*** Opening Data records ***

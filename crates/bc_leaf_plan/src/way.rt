//! How a leaf gives way.

/// How a leaf gives way to others.
#[derive(Clone, Copy, Debug, PartialEq, Eq)]
pub enum Way {
    /// One comes in its place, with all its keys in one set.
    Rewrite,
    /// Two come: one of its lower sectors, and one of the higher ones.
    Split,
}
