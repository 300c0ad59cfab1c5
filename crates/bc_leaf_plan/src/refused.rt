//! Why a leaf stays as it is.

use bc_alloc::NoBucket;

/// Why nothing of the tree was changed.
#[derive(Clone, Copy, Debug, PartialEq, Eq, Drop)]
pub enum Refused {
    /// There was no memory.
    Memory,
    /// There is no bucket for one of the new nodes.
    NoBucket(NoBucket),
    /// A leaf that would come doesn't fit in a node.
    Large,
    /// A node above has to give way to two, and the root has no room for one more child.
    Above,
    /// No number is left for a new node.
    Number,
    /// A new node would end behind the cache device. No sound pair has such a bucket.
    Outside,
    /// A node above takes a further set: so no new root comes, by which the change would be made.
    BySet,
}
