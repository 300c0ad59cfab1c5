//! The plan for a leaf that gives way, with the checks that its nodes can be written.
ghost use Rattle.std.specs.Prelude.{◌≡◌, ◌↔◌, ◌+◌, ◌<◌, ◌^◌, All, Contains, Some, length, IfErr, IfNone, IfOk, IfSome, IsTrue};
ghost use Rattle.bc_held.specs.bc_machine.declared.part.SpinePart.{SpinePart as SpineSeen};
ghost use Rattle.bc_leaf_plan.specs.Leaf.{EndsWithin, HasFor, HasSlot, HasNoPlan, HasPlan, IsPlanned, IsProperPending, IsUnplanned};
ghost use Rattle.bc_leaf_plan.specs.Way.{IsFullAbove, IsLongFor, IsNeededBy, IsNotPlannedBy, IsPlanBy, places, refused_by};
ghost use Rattle.bc_tree.specs.LastKeys.{StandsInFor};
ghost use Rattle.bc_tree.specs.Plan.{Fits, IsOfSpine, new_count};
ghost use Rattle.bc_tree.specs.Same.{IsSameTree};
ghost use Rattle.bc_tree.specs.declared.needs.Needs.{Needs as NeedsSeen};

use crate::refused::Refused;
use crate::up::moves_up;
use crate::way::Way;
use bc_held::bc_hand::hand::Hand;
use bc_held::bc_machine::part::SpinePart;
use bc_held::held::HeldBucket;
use bc_key::Ptr;
use bc_node::Leaf;
use bc_tree::{Needs, Plan, PlanError, Spine};
use std::alloc::{AllocError, Global};

// How many buckets the new nodes take. None where a node above has to give way to two, and the root
// has no room for one more child.
fn needs_for(spine: &Spine, leaf: &Leaf, way: Way) -> Option<Needs>
    requires { leaf.now.from < spine.now.root.end }
    ensures some { IfSome result (IsNeededBy way spine.now leaf.now) }
    ensures none { IfNone result (IsFullAbove way spine.now leaf.now) }
{
    match way {
        Way::Rewrite => Some(spine.rewrite_needs(leaf)),
        Way::Split => spine.split_needs(leaf),
    }
}

/// How many the leaf in this slot of the part in hand needs.
pub fn needs_in<C, B>(hand: &Hand<C, B>, slot: u32, way: Way) -> Option<Needs>
    requires { HasSlot hand.now slot }
    ensures some { (at : HasSlot hand.now slot) → IfSome result
        (IsNeededBy way at.spine.spine at.cached.leaf) }
    ensures none { (at : HasSlot hand.now slot) → IfNone result
        (IsFullAbove way at.spine.spine at.cached.leaf) }
{
    let Some(spine) = &hand.spine else {
        unreachable!()
    };
    let Some(leaves) = &hand.leaves else {
        unreachable!()
    };
    needs_for(&spine.get().spine, leaves.cache.leaf(slot), way)
}

/// Whether so many numbers are left for new nodes, and one more.
pub fn numbers_left<C, B>(hand: &Hand<C, B>, count: u32) -> bool
    requires { (spine : SpineSeen) × (hand.now.spine ≡ Some spine) }
    ensures { (spine : SpineSeen) → hand.now.spine ≡ Some spine
        → IsTrue result ↔ (spine.next_seq + count < 2 ^ 64) }
{
    let Some(spine) = &hand.spine else {
        unreachable!()
    };
    spine.get().next_seq.checked_add(u64::from(count)).is_some()
}

// Where these buckets begin.
fn places_of(alloc: Global, buckets: &[HeldBucket]) -> Result<Vec<Ptr>, AllocError>
    ensures { IfOk result (λ to. to.items ≡ places buckets.now) }
{
    let mut to = Vec::with_capacity(alloc, buckets.len())?;
    for bucket in buckets {
        to.push_reserved(bucket.to);
    }
    Ok(to)
}

// The first bucket in which a node would end behind a device of so many sectors.
fn outside(spine: &Spine, buckets: &[HeldBucket], sectors: u64) -> Option<HeldBucket>
    ensures some { IfSome result (λ b. Contains buckets.now b
        × (EndsWithin sectors spine.now b → ⊥)) }
    ensures none { IfNone result (All (EndsWithin sectors spine.now) buckets.now) }
{
    let node = u64::from(spine.geometry().node_sectors);
    for bucket in buckets {
        if sectors < node || sectors - node < bucket.to.offset {
            return Some(*bucket);
        }
    }
    None
}

// The plan itself.
fn plan_by(
    alloc: Global,
    spine: &mut Spine,
    leaf: &Leaf,
    way: Way,
    to: &[Ptr],
    seq: u64,
    count: u32,
) -> Result<Plan, PlanError>
    requires count { 0 < count }
    requires leaf { IsOfSpine spine.old leaf.now }
    requires long { IsLongFor way leaf.now }
    requires places { (n : NeedsSeen) × IsNeededBy way spine.old leaf.now n
        × (length to.now ≡ n.tree + n.moving) }
    ensures fits { IfOk result (Fits spine.new) }
    ensures planned { IfOk result (IsPlanBy way count spine.old leaf.now to.now seq) }
    ensures kept { IfOk result (StandsInFor spine.old.leaves leaf.now) }
    ensures count { IfOk result (λ plan. new_count plan ≡ length to.now) }
    ensures tree { IsSameTree spine.old spine.new }
    ensures refused { IfErr result (IsNotPlannedBy way spine.old leaf.now) }
{
    match way {
        Way::Rewrite => spine.plan_rewrite(alloc, leaf, to, seq, count),
        Way::Split => spine.plan_split(alloc, leaf, to, seq),
    }
}

// What is pending of leaves that come is in order, each within its leaf.
fn proper_pending(plan: &Plan)
    ensures { IsProperPending plan.now }
{
    let _ = plan.first.pending();
    if let Some(second) = &plan.second {
        let _ = second.pending();
    }
}

// What a plan's refusal is as one of the whole.
fn refused(error: PlanError) -> Refused
    ensures { result ≡ refused_by error }
{
    match error {
        PlanError::Large => Refused::Large,
        PlanError::Memory => Refused::Memory,
    }
}

// The plan, where its nodes can be written.
fn plan_in(
    alloc: Global,
    part: &mut SpinePart,
    leaf: &Leaf,
    way: Way,
    buckets: &[HeldBucket],
    sectors: u64,
    count: u32,
) -> Result<Plan, Refused>
    requires count { 0 < count }
    requires leaf { IsOfSpine part.old.spine leaf.now }
    requires long { IsLongFor way leaf.now }
    requires needed { (n : NeedsSeen) × IsNeededBy way part.old.spine leaf.now n
        × (length buckets.now ≡ n.tree + n.moving) }
    ensures part { part.new ≡ record part.old { spine = part.new.spine } }
    ensures tree { IsSameTree part.old.spine part.new.spine }
    ensures ok { IfOk result (IsPlanned way count sectors part.old leaf.now buckets.now
        part.new.spine) }
    ensures err { IfErr result (IsUnplanned way count sectors part.old leaf.now buckets.now) }
{
    let Ok(to) = places_of(alloc, buckets) else {
        return Err(Refused::Memory);
    };
    if outside(&part.spine, buckets, sectors).is_some() {
        return Err(Refused::Outside);
    }
    let seq = part.next_seq;
    let plan = match plan_by(alloc, &mut part.spine, leaf, way, &to, seq, count) {
        Ok(plan) => plan,
        Err(error) => return Err(refused(error)),
    };
    if !moves_up(&part.spine, &plan) {
        return Err(Refused::BySet);
    }
    proper_pending(&plan);
    Ok(plan)
}

/// Plans what becomes of the leaf in this slot of the part in hand, for these buckets, on a device
/// of so many sectors, where leaves are in so many parts. The tree in hand stays as it is, but for
/// its room.
pub fn plan_for<C, B>(
    alloc: Global,
    hand: &mut Hand<C, B>,
    slot: u32,
    way: Way,
    buckets: &[HeldBucket],
    sectors: u64,
    count: u32,
) -> Result<Plan, Refused>
    requires count { 0 < count }
    requires at { HasFor hand.old slot way buckets.now }
    ensures ok { (at : HasFor hand.old slot way buckets.now) → IfOk result (HasPlan way count sectors
        hand.old at.spine at.cached.leaf buckets.now hand.new) }
    ensures err { (at : HasFor hand.old slot way buckets.now) → IfErr result (HasNoPlan way count
        sectors hand.old at.spine at.cached.leaf buckets.now hand.new) }
{
    let Some(mut spine) = hand.spine.take() else {
        unreachable!()
    };
    let Some(leaves) = &hand.leaves else {
        unreachable!()
    };
    let leaf = leaves.cache.leaf(slot);
    let plan = plan_in(alloc, spine.get_mut(), leaf, way, buckets, sectors, count);
    hand.spine = Some(spine);
    plan
}
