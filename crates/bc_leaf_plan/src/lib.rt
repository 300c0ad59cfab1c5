//! What is planned for a leaf of the tree that gives way to others, with the buckets that are held for
//! their nodes.
//!
//! A plan changes nothing, and whatever keeps it from being made is found here: a leaf that comes
//! doesn't fit in a node; a node above takes a further set, so that no new root comes by which the
//! change would be made; or a bucket ends behind the device. So what comes behind has no cause to
//! refuse but want of memory, a fault or a halt.
//!
//! Read `specs/` in this order: Way, Leaf.
#![tactic(auto)]

pub mod plan;
pub mod refused;
mod up;
pub mod way;
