//! Whether a plan moves all nodes that change.
ghost use Rattle.std.specs.Prelude.{◌≡◌};
ghost use Rattle.bc_leaf_plan.specs.Way.{moves_up};
ghost use Rattle.bc_planned.specs.Nodes.{is_moved, top_is_moved};

use bc_tree::{NodeChange, Plan, Spine};

// Whether the node moves.
fn is_moved(change: &NodeChange) -> bool
    ensures { result ≡ is_moved change.now }
{
    match change {
        NodeChange::Set(_) => false,
        NodeChange::Move(_) => true,
    }
}

// Whether the root moves, where it is another node.
fn top_is_moved(top: &Option<NodeChange>) -> bool
    ensures { result ≡ top_is_moved top.now }
{
    match top {
        Some(change) => is_moved(change),
        None => false,
    }
}

/// Whether each node that changes moves, up to the root.
pub fn moves_up(spine: &Spine, plan: &Plan) -> bool
    ensures { result ≡ moves_up spine.now.below plan.now.bottom plan.now.top }
{
    if spine.below().is_empty() {
        return is_moved(&plan.bottom);
    }
    is_moved(&plan.bottom) && top_is_moved(&plan.top)
}
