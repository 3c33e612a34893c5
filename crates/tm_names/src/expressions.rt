//! The names in expressions.
ghost use Rattle.std.specs.Prelude.{◌≡◌, [], ◌∷◌, OnOk};
ghost use Rattle.tm_syntax.specs.Names.{name_of, read_chain, read_first, read_function};
ghost use Rattle.tm_syntax.specs.Names.{walk_argument, walk_arguments, walk_comparisons};
ghost use Rattle.tm_syntax.specs.Names.{walk_conditions, walk_expr, walk_exprs, walk_filters};
ghost use Rattle.tm_syntax.specs.Names.{walk_keyword, walk_keywords, walk_pairs, walk_step, walk_steps};
ghost use Rattle.tm_trees.specs.Trees.{exprs, pairs, arguments, keywords, steps, conditions, comparisons};

use crate::chains::{dotted, name_of};
use crate::walker::Walker;
use std::alloc::AllocError;
use tm_syntax::{Argument, Comparison, Condition, Expr, Keyword, Name, Pair, Step};

impl Walker {
    /// Reads the function name of a call; `super` doesn't count. AllocError if memory runs out.
    fn read_function(&mut self, name: &Name) -> Result<(), AllocError>
        ensures { OnOk result (self.new ≡ read_function name.now self.old) }
    {
        if name.is("super") {
            return Ok(());
        }
        self.read(name.as_str())
    }

    /// Reads a name and the steps after it. AllocError if memory runs out.
    fn read_chain(&mut self, nested: bool, name: &Name, after: &[Step]) -> Result<(), AllocError>
        ensures { OnOk result
            (self.new ≡ read_chain nested name.now (steps after.now) self.old) }
    {
        if nested {
            let text = dotted(self.alloc(), name, after)?;
            return self.read_as(name.as_str(), text.as_str());
        }
        self.read(name.as_str())
    }

    /// Walks an expression. AllocError if memory runs out.
    #[cycle(expressions)]
    pub(crate) fn walk_expr(&mut self, nested: bool, expr: &Expr) -> Result<(), AllocError>
        ensures { OnOk result (self.new ≡ walk_expr nested expr.now self.old) }
    {
        match expr {
            Expr::Var(name) => self.read(name.as_str()),
            Expr::Const(_) => Ok(()),
            Expr::List(items) => self.walk_exprs(nested, items.as_slice()),
            Expr::Tuple(items) => self.walk_exprs(nested, items.as_slice()),
            Expr::Map(entries) => self.walk_pairs(nested, entries.as_slice()),
            Expr::Call(name, given, named) => {
                self.read_function(name)?;
                self.walk_arguments(nested, given.as_slice())?;
                self.walk_keywords(nested, named.as_slice())
            }
            Expr::SelfBlock(_) => Ok(()),
            Expr::Unary(_, operand) => self.walk_expr(nested, operand.get()),
            Expr::Chain(first, after) => {
                let after = after.as_slice();
                self.walk_first(nested, first.get(), after)?;
                self.walk_steps(nested, after)
            }
            Expr::Conditional(value, conditions) => {
                self.walk_expr(nested, value.get())?;
                self.walk_conditions(nested, conditions.as_slice())
            }
        }
    }

    /// Walks the start of a chain with these steps. AllocError if memory runs out.
    #[cycle(expressions)]
    fn walk_first(&mut self, nested: bool, first: &Expr, after: &[Step]) -> Result<(), AllocError>
        ensures { OnOk result (self.new ≡ read_first nested (name_of first.now)
            (steps after.now) self.old (walk_expr nested first.now self.old)) }
    {
        match name_of(first) {
            Some(name) => self.read_chain(nested, name, after),
            None => self.walk_expr(nested, first),
        }
    }

    /// Walks expressions. AllocError if memory runs out.
    #[cycle(expressions)]
    fn walk_exprs(&mut self, nested: bool, items: &[Expr]) -> Result<(), AllocError>
        ensures { OnOk result (self.new ≡ walk_exprs nested (exprs items.now) self.old) }
    {
        for item in items {
            self.walk_expr(nested, item)?;
        }
        Ok(())
    }

    /// Walks pairs. AllocError if memory runs out.
    #[cycle(expressions)]
    fn walk_pairs(&mut self, nested: bool, entries: &[Pair]) -> Result<(), AllocError>
        ensures { OnOk result (self.new ≡ walk_pairs nested (pairs entries.now) self.old) }
    {
        for entry in entries {
            self.walk_expr(nested, entry.key.get())?;
            self.walk_expr(nested, entry.value.get())?;
        }
        Ok(())
    }

    /// Walks an argument. AllocError if memory runs out.
    #[cycle(expressions)]
    fn walk_argument(&mut self, nested: bool, argument: &Argument) -> Result<(), AllocError>
        ensures { OnOk result (self.new ≡ walk_argument nested argument.now self.old) }
    {
        match argument {
            Argument::Plain(value) => self.walk_expr(nested, value.get()),
            Argument::Spread(value) => self.walk_expr(nested, value.get()),
        }
    }

    /// Walks positional arguments. AllocError if memory runs out.
    #[cycle(expressions)]
    fn walk_arguments(&mut self, nested: bool, given: &[Argument]) -> Result<(), AllocError>
        ensures { OnOk result
            (self.new ≡ walk_arguments nested (arguments given.now) self.old) }
    {
        for argument in given {
            self.walk_argument(nested, argument)?;
        }
        Ok(())
    }

    /// Walks a keyword argument, whose name isn't read. AllocError if memory runs out.
    #[cycle(expressions)]
    fn walk_keyword(&mut self, nested: bool, keyword: &Keyword) -> Result<(), AllocError>
        ensures { OnOk result (self.new ≡ walk_keyword nested keyword.now self.old) }
    {
        match keyword {
            Keyword::Named(_, value) => self.walk_expr(nested, value.get()),
            Keyword::Spread(value) => self.walk_expr(nested, value.get()),
        }
    }

    /// Walks keyword arguments. AllocError if memory runs out.
    #[cycle(expressions)]
    fn walk_keywords(&mut self, nested: bool, named: &[Keyword]) -> Result<(), AllocError>
        ensures { OnOk result
            (self.new ≡ walk_keywords nested (keywords named.now) self.old) }
    {
        for keyword in named {
            self.walk_keyword(nested, keyword)?;
        }
        Ok(())
    }

    /// Walks conditions, each with its alternative. AllocError if memory runs out.
    #[cycle(expressions)]
    fn walk_conditions(&mut self, nested: bool, asked: &[Condition]) -> Result<(), AllocError>
        ensures { OnOk result
            (self.new ≡ walk_conditions nested (conditions asked.now) self.old) }
    {
        for condition in asked {
            self.walk_expr(nested, condition.test.get())?;
            self.walk_expr(nested, condition.otherwise.get())?;
        }
        Ok(())
    }

    /// Walks a step. AllocError if memory runs out.
    #[cycle(expressions)]
    fn walk_step(&mut self, nested: bool, step: &Step) -> Result<(), AllocError>
        ensures { OnOk result (self.new ≡ walk_step nested step.now self.old) }
    {
        match step {
            Step::Attribute(_) => Ok(()),
            Step::Item(key) => self.walk_expr(nested, key.get()),
            Step::Apply(_, _, given, named) => {
                self.walk_arguments(nested, given.as_slice())?;
                self.walk_keywords(nested, named.as_slice())
            }
            Step::Call(given, named) => {
                self.walk_arguments(nested, given.as_slice())?;
                self.walk_keywords(nested, named.as_slice())
            }
            Step::Slice(start, stop, step) => {
                self.walk_expr(nested, start.get())?;
                self.walk_expr(nested, stop.get())?;
                self.walk_expr(nested, step.get())
            }
            Step::Binary(_, right) => self.walk_expr(nested, right.get()),
            Step::Compare(_, right, after) => {
                self.walk_expr(nested, right.get())?;
                self.walk_comparisons(nested, after.as_slice())
            }
            Step::And(right) => self.walk_expr(nested, right.get()),
            Step::Or(right) => self.walk_expr(nested, right.get()),
        }
    }

    /// Walks comparisons. AllocError if memory runs out.
    #[cycle(expressions)]
    fn walk_comparisons(&mut self, nested: bool, after: &[Comparison]) -> Result<(), AllocError>
        ensures { OnOk result
            (self.new ≡ walk_comparisons nested (comparisons after.now) self.old) }
    {
        for comparison in after {
            self.walk_expr(nested, comparison.right.get())?;
        }
        Ok(())
    }

    /// Walks steps. AllocError if memory runs out.
    #[cycle(expressions)]
    fn walk_steps(&mut self, nested: bool, after: &[Step]) -> Result<(), AllocError>
        ensures { OnOk result (self.new ≡ walk_steps nested (steps after.now) self.old) }
    {
        for step in after {
            self.walk_step(nested, step)?;
        }
        Ok(())
    }

    /// Walks the filters of a block. AllocError if memory runs out.
    pub(crate) fn walk_filters(&mut self, nested: bool, filters: &[Step]) -> Result<(), AllocError>
        ensures { OnOk result (self.new ≡ walk_filters nested filters.now self.old) }
    {
        for filter in filters {
            self.walk_step(nested, filter)?;
        }
        Ok(())
    }
}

*** Closing Data records ***

## Activity:
Each line above that holds the string "declared" should be copied and shown.

## Answer to the exercise:
ghost use Rattle.bc_held.specs.bc_machine.declared.part.SpinePart.{SpinePart as SpineSeen};
ghost use Rattle.bc_tree.specs.declared.needs.Needs.{Needs as NeedsSeen};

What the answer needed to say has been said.